I've heard something similar. I'm debating on whether or not to snag the current 4-volume set at the $150 price, or if it would be wiser to wait to see if he does revise the volumes. What do y'all think?


----------



## Taylor (Oct 31, 2018)

Hamalas said:


> I've heard something similar. I'm debating on whether or not to snag the current 4-volume set at the $150 price, or if it would be wiser to wait to see if he does revise the volumes. What do y'all think?



RHB does indicate in the link above that the first two volumes are "revised," but I am unsure if that means they are the major revision under consideration.

Unless something has changed, the revision_ is_ happening. My source of information is one of my seminary professors, Dr. Thomas McCall, who was both a PhD student under Muller and is still one of his close friends, so the information is trustworthy. If it were me, I would wait.


----------



## py3ak (Oct 31, 2018)

Taylor Sexton said:


> RHB does indicate in the link above that the first two volumes are "revised," but I am unsure if that means they are the major revision under consideration.



I am pretty sure that's not the case. There was a significant revision when the 4 volumes were first published all together, with the same cover as that now on display.

The reports of a revision and expansion (to include the doctrine of the covenant) have been circulating for some time now. It's likely enough that Dr. Muller has a number of projects, and in what order they will be completed is probably unknown, perhaps even to him. But I would doubt RHB would bring these out now _if_ Dr. Muller had let them know that a new 5-volume edition would be appearing in 2019, say.


----------



## Pilgrim (Nov 2, 2018)

This is said to be a "short run" so those who are interested had best get it now while you can. 
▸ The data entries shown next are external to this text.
//! The types of the items and sub-items of an A-ASSOCIATE-RQ and an A-ASSOCIATE-AC: the first byte
//! of each (PS3.8 sections 9.3.2 and 9.3.3, annex D.1; PS3.7 annex D.3.3.2).

/// Application context.
pub const APPLICATION_CONTEXT: u8 = 0x10;

/// A presentation context that a request proposes.
pub const PROPOSED_CONTEXT: u8 = 0x20;

/// A presentation context in an A-ASSOCIATE-AC.
pub const ANSWERED_CONTEXT: u8 = 0x21;

/// Abstract syntax, in a proposed presentation context.
pub const ABSTRACT_SYNTAX: u8 = 0x30;

/// Transfer syntax, in a presentation context.
pub const TRANSFER_SYNTAX: u8 = 0x40;

/// User information.
pub const USER_INFORMATION: u8 = 0x50;

/// Maximum length, in user information.
pub const MAXIMUM_LENGTH: u8 = 0x51;

/// Implementation class UID, in user information.
pub const IMPLEMENTATION_CLASS_UID: u8 = 0x52;

/// Implementation version name, in user information.
pub const IMPLEMENTATION_VERSION_NAME: u8 = 0x55;
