//! Stores: their messages, replies and files.

use dimse::status;
use fixtures::bytes::{front, joined};
use fixtures::stores::{CT_SET, Cause, EXPLICIT, OTHER, file, reply, request, whole_store};
use std::alloc::{AllocError, Global};

/// A store.
#[derive(Drop)]
pub(crate) struct Store {
    message: Vec<u8>,
    /// The reply if no filing call of the store fails; empty if the store is cut off.
    reply: Vec<u8>,
    /// The reply if a filing call fails.
    failed_reply: Vec<u8>,
    /// The file; empty, if there is none.
    pub(crate) file: Vec<u8>,
}

/// Returns a store of a CT image with the SOP Instance UID `1.2.` and this digit.
fn good(alloc: Global, digit: u8) -> Result<Store, AllocError> {
    let instance = [b'1', b'.', b'2', b'.', digit, 0];
    let mut set = CT_SET;
    set[46] = digit;
    Ok(Store {
        message: whole_store(alloc, &instance, &set)?,
        reply: reply(alloc, &instance, status::SUCCESS, None)?,
        failed_reply: reply(alloc, &instance, status::OUT_OF_RESOURCES, None)?,
        file: file(alloc, EXPLICIT, &instance, &set)?,
    })
}

/// The cause in the reply for a data set with another SOP Instance UID.
const OTHER_INSTANCE: Option<Cause> = Some((&[8, 0, 0x18, 0], b"fault 46 InstanceMismatch "));

/// Returns a store whose data set has another SOP Instance UID than its command.
fn refused(alloc: Global) -> Result<Store, AllocError> {
    Ok(Store {
        message: whole_store(alloc, OTHER, &CT_SET)?,
        reply: reply(alloc, OTHER, status::DATA_SET_MISMATCH, OTHER_INSTANCE)?,
        failed_reply: reply(alloc, OTHER, status::DATA_SET_MISMATCH, OTHER_INSTANCE)?,
        file: Vec::new(alloc),
    })
}

/// Returns a store that ends within its data set.
fn cut_off(alloc: Global) -> Result<Store, AllocError> {
    let whole = whole_store(alloc, OTHER, &CT_SET)?;
    Ok(Store {
        message: Vec::from_slice(
            alloc,
            front(whole.as_slice(), whole.len().saturating_sub(20)),
        )?,
        reply: Vec::new(alloc),
        failed_reply: Vec::new(alloc),
        file: Vec::new(alloc),
    })
}

/// The stores of one association over a folder opened for it.
#[derive(Drop)]
pub(crate) struct Life {
    pub(crate) request: Vec<u8>,
    /// The messages of all stores.
    pub(crate) messages: Vec<u8>,
    pub(crate) stores: Vec<Store>,
}

fn in_life(alloc: Global, stores: Vec<Store>) -> Result<Life, AllocError> {
    let mut messages = Vec::new(alloc);
    for store in &stores {
        messages.extend_from_slice(store.message.as_slice())?;
    }
    Ok(Life {
        request: request(alloc, EXPLICIT)?,
        messages,
        stores,
    })
}

/// Returns three images, a rejected one among them, and one that is cut off.
pub(crate) fn first_life(alloc: Global) -> Result<Life, AllocError> {
    let mut stores = Vec::new(alloc);
    stores.push(good(alloc, b'3')?)?;
    stores.push(refused(alloc)?)?;
    stores.push(good(alloc, b'5')?)?;
    stores.push(good(alloc, b'6')?)?;
    stores.push(cut_off(alloc)?)?;
    in_life(alloc, stores)
}

/// Returns two images.
pub(crate) fn second_life(alloc: Global) -> Result<Life, AllocError> {
    let mut stores = Vec::new(alloc);
    stores.push(good(alloc, b'7')?)?;
    stores.push(good(alloc, b'8')?)?;
    in_life(alloc, stores)
}

impl Life {
    /// Returns the replies if a filing call of this store fails.
    pub(crate) fn replies(
        &self,
        alloc: Global,
        failed: Option<usize>,
    ) -> Result<Vec<u8>, AllocError> {
        let mut replies = Vec::new(alloc);
        for (at, store) in self.stores.iter().enumerate() {
            let reply = if failed == Some(at) {
                &store.failed_reply
            } else {
                &store.reply
            };
            replies.extend_from_slice(reply.as_slice())?;
        }
        Ok(replies)
    }

    /// Returns how many stores got their reply, if these are the first replies of a life without
    /// failed calls.
    pub(crate) fn answered(&self, replies: &[u8]) -> Option<usize> {
        let mut rest = replies;
        let mut answered = 0usize;
        for store in &self.stores {
            if rest.is_empty() {
                return Some(answered);
            }
            rest = rest.strip_prefix(store.reply.as_slice())?;
            answered = answered.saturating_add(1);
        }
        if rest.is_empty() {
            Some(answered)
        } else {
            None
        }
    }
}
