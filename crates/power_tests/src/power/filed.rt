//! The files that a disk has, and the expected files.

use crate::power::disk::Disk;
use crate::power::folder::{Entry, Node};
use std::alloc::Global;
use std::io;
use std::io::{Error, ErrorKind};

/// The number of files per subfolder.
pub(crate) const PER: u32 = 2;

/// How files are arranged: in one folder, or in subfolders of two files each.
#[derive(Clone, Copy, PartialEq, Eq)]
pub(crate) enum Kept {
    Flat,
    Levels,
}

/// The location of a file: the number of its subfolder, 0 for the main folder, and its own number.
#[derive(Clone, Copy, PartialEq, Eq)]
struct Location {
    folder: u32,
    file: u32,
}

/// A file that must or may exist.
#[derive(Clone, Copy)]
pub(crate) struct Due<'a> {
    pub(crate) file: &'a [u8],
    pub(crate) must: bool,
    pub(crate) may: bool,
}

/// The files of a disk with their locations, and the greatest subfolder number, or 0.
#[derive(Drop)]
pub(crate) struct Filed {
    files: Vec<(Location, usize)>,
    last_folder: u32,
}

fn unexpected() -> Error {
    Error::from(ErrorKind::InvalidData)
}

/// Adds the files of a folder.
fn add_files(to: &mut Vec<(Location, usize)>, folder: u32, entries: &[Entry]) -> io::Result<()> {
    for entry in entries {
        match (entry.name.number(b'I'), entry.node) {
            (Some(file), Node::File(at)) => to.push((Location { folder, file }, at))?,
            _ => return Err(unexpected()),
        }
    }
    Ok(())
}

impl Filed {
    fn add(&mut self, disk: &Disk, kept: Kept, entry: Entry) -> io::Result<()> {
        if entry.name.is_draft() {
            return Ok(());
        }
        match (kept, entry.node) {
            (Kept::Flat, Node::File(_)) => add_files(&mut self.files, 0, &[entry]),
            (Kept::Levels, Node::Folder(at)) => {
                let folder = entry.name.number(b'S').ok_or(unexpected())?;
                self.last_folder = self.last_folder.max(folder);
                add_files(&mut self.files, folder, disk.folder(at)?.entries())
            }
            _ => Err(unexpected()),
        }
    }

    /// Returns the files of a disk. Fails if the disk has anything else but a draft.
    pub(crate) fn of(alloc: Global, disk: &Disk, kept: Kept) -> io::Result<Filed> {
        let mut filed = Filed {
            files: Vec::new(alloc),
            last_folder: 0,
        };
        for entry in disk.folder(0)?.entries() {
            filed.add(disk, kept, *entry)?;
        }
        Ok(filed)
    }

    /// Returns how many files have these bytes.
    fn count(&self, disk: &Disk, bytes: &[u8]) -> io::Result<usize> {
        let mut count = 0usize;
        for (_, at) in &self.files {
            if disk.file(*at)?.bytes() == bytes {
                count = count.saturating_add(1);
            }
        }
        Ok(count)
    }

    /// Returns whether each expected file exists once, and no other file.
    pub(crate) fn is_due(&self, disk: &Disk, due: &[Due]) -> io::Result<bool> {
        let mut files = 0usize;
        for due in due {
            let count = self.count(disk, due.file)?;
            if count < usize::from(due.must) || usize::from(due.may) < count {
                return Ok(false);
            }
            files = files.saturating_add(count);
        }
        Ok(files == self.files.len())
    }

    /// Returns the location of the next file.
    fn next_location(&self, kept: Kept) -> Location {
        let folder = self.last_folder;
        let mut last = 0u32;
        for (location, _) in &self.files {
            if location.folder == folder {
                last = last.max(location.file);
            }
        }
        let is_full = kept == Kept::Levels && (folder == 0 || last >= PER);
        if is_full {
            return Location {
                folder: folder.saturating_add(1),
                file: 1,
            };
        }
        Location {
            folder,
            file: last.saturating_add(1),
        }
    }

    /// Returns whether, in `now`, the file after the last one of `self` exists and has these bytes.
    pub(crate) fn is_next(
        &self,
        kept: Kept,
        disk: &Disk,
        now: &Filed,
        bytes: &[u8],
    ) -> io::Result<bool> {
        let next = self.next_location(kept);
        for (location, at) in &now.files {
            if *location == next {
                return Ok(disk.file(*at)?.bytes() == bytes);
            }
        }
        Ok(false)
    }
}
Sent from my XT1650 using Tapatalk


----------



## Hamalas (Nov 2, 2018)

I picked up a copy yesterday. No regrets!

Reactions: Like 1


----------



## greenbaggins (Nov 2, 2018)

I talked with Dr. Muller directly about this. The four volumes are NOT being revised, and the fifth volume is not on covenant theology, but on natural law.

Reactions: Like 1 | Informative 2


----------



## DTK (Nov 2, 2018)

Shucks Lane, the minimalists are going to be so disappointed!


----------



## Regi Addictissimus (Nov 2, 2018)

greenbaggins said:


> I talked with Dr. Muller directly about this. The four volumes are NOT being revised, and the fifth volume is not on covenant theology, but on natural law.


Thanks for confirming this. I got really excited when I got the email from RHB but was concerned with the rumours of a revision. It would make zero sense for RHB to reissue it if that were the case.


----------